(To do): In the records, find every line with the word "last" and copy it out.

(Working data):

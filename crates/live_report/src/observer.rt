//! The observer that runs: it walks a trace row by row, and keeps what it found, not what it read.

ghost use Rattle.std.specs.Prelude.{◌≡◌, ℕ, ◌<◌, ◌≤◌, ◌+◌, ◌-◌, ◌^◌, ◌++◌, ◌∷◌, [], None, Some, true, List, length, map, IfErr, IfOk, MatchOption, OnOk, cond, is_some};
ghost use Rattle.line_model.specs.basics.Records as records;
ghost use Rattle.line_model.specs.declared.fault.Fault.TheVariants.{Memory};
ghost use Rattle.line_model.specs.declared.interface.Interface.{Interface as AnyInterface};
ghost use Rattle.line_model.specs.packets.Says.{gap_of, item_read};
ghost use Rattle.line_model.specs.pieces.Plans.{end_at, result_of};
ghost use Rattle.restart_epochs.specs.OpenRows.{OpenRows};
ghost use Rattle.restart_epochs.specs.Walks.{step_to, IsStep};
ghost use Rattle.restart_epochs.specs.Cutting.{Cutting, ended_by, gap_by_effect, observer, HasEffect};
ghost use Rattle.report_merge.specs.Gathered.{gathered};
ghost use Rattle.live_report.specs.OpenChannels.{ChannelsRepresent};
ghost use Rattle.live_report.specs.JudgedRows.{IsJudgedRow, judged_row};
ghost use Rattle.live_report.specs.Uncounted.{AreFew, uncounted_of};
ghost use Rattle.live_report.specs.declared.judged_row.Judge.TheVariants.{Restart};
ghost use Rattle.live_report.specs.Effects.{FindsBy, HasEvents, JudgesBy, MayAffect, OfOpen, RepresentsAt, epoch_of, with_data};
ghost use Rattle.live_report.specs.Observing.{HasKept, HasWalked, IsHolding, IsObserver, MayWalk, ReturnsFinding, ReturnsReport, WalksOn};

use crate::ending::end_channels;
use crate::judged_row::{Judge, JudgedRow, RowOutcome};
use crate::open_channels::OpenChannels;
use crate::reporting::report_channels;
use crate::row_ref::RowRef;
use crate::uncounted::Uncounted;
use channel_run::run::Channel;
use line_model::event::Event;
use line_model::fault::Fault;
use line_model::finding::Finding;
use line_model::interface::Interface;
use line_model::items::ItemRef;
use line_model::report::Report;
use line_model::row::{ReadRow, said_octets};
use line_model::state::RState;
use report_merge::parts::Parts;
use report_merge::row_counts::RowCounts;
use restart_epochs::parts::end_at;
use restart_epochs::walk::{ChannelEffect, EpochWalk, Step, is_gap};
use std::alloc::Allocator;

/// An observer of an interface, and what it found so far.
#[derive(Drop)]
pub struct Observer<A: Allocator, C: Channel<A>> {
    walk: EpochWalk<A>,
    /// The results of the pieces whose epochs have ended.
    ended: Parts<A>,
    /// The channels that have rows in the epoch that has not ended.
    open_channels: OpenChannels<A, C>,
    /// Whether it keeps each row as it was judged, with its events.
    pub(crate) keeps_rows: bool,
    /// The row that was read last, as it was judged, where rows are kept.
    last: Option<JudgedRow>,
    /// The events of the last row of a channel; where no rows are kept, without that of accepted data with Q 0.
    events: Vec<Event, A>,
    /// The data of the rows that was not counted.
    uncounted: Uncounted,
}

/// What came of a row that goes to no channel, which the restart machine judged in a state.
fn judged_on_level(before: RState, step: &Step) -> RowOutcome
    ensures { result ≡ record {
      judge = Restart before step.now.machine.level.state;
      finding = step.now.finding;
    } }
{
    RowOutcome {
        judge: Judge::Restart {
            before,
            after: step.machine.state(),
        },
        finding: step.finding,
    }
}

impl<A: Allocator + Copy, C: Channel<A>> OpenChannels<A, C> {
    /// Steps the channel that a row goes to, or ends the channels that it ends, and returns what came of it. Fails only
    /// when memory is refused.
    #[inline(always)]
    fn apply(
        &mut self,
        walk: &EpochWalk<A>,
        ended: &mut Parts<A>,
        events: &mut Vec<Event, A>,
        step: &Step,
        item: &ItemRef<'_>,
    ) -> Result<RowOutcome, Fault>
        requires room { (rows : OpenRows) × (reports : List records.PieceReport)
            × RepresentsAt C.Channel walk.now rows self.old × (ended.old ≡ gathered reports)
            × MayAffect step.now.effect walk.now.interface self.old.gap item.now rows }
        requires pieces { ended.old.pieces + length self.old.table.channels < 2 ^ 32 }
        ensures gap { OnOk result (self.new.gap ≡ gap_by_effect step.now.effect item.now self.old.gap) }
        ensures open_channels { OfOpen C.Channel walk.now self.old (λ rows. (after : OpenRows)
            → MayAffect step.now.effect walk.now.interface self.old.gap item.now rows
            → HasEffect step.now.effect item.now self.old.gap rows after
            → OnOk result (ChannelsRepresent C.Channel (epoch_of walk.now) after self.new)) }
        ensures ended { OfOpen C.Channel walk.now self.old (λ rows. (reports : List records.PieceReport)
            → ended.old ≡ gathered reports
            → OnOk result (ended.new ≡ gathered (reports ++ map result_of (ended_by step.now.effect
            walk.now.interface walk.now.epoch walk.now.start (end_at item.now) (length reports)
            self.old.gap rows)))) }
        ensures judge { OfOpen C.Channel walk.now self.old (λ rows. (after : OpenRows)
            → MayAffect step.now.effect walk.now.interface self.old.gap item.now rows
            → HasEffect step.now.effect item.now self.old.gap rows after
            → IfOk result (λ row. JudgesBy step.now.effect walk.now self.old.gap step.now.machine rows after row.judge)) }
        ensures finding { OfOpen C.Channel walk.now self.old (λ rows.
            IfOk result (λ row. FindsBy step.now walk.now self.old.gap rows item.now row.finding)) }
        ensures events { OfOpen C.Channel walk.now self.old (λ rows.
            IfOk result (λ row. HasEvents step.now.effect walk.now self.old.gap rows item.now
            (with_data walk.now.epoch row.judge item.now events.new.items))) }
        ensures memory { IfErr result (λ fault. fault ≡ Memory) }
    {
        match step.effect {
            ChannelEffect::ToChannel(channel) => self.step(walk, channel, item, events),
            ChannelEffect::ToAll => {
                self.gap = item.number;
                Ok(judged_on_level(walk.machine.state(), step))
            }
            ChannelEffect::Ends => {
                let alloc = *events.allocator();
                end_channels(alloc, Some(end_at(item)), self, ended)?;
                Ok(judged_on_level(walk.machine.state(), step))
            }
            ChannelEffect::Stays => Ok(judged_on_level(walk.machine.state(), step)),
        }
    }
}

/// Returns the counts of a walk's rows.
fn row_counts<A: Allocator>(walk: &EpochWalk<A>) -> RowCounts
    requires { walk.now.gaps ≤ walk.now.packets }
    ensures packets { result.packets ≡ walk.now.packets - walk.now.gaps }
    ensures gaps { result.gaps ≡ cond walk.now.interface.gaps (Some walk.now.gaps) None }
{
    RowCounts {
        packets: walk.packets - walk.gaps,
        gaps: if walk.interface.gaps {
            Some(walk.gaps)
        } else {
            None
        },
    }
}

(Task response):
    /// The row that was read last, as it was judged, where rows are kept.
    last: Option<JudgedRow>,
    /// The events of the last row of a channel; where no rows are kept, without that of accepted data with Q 0.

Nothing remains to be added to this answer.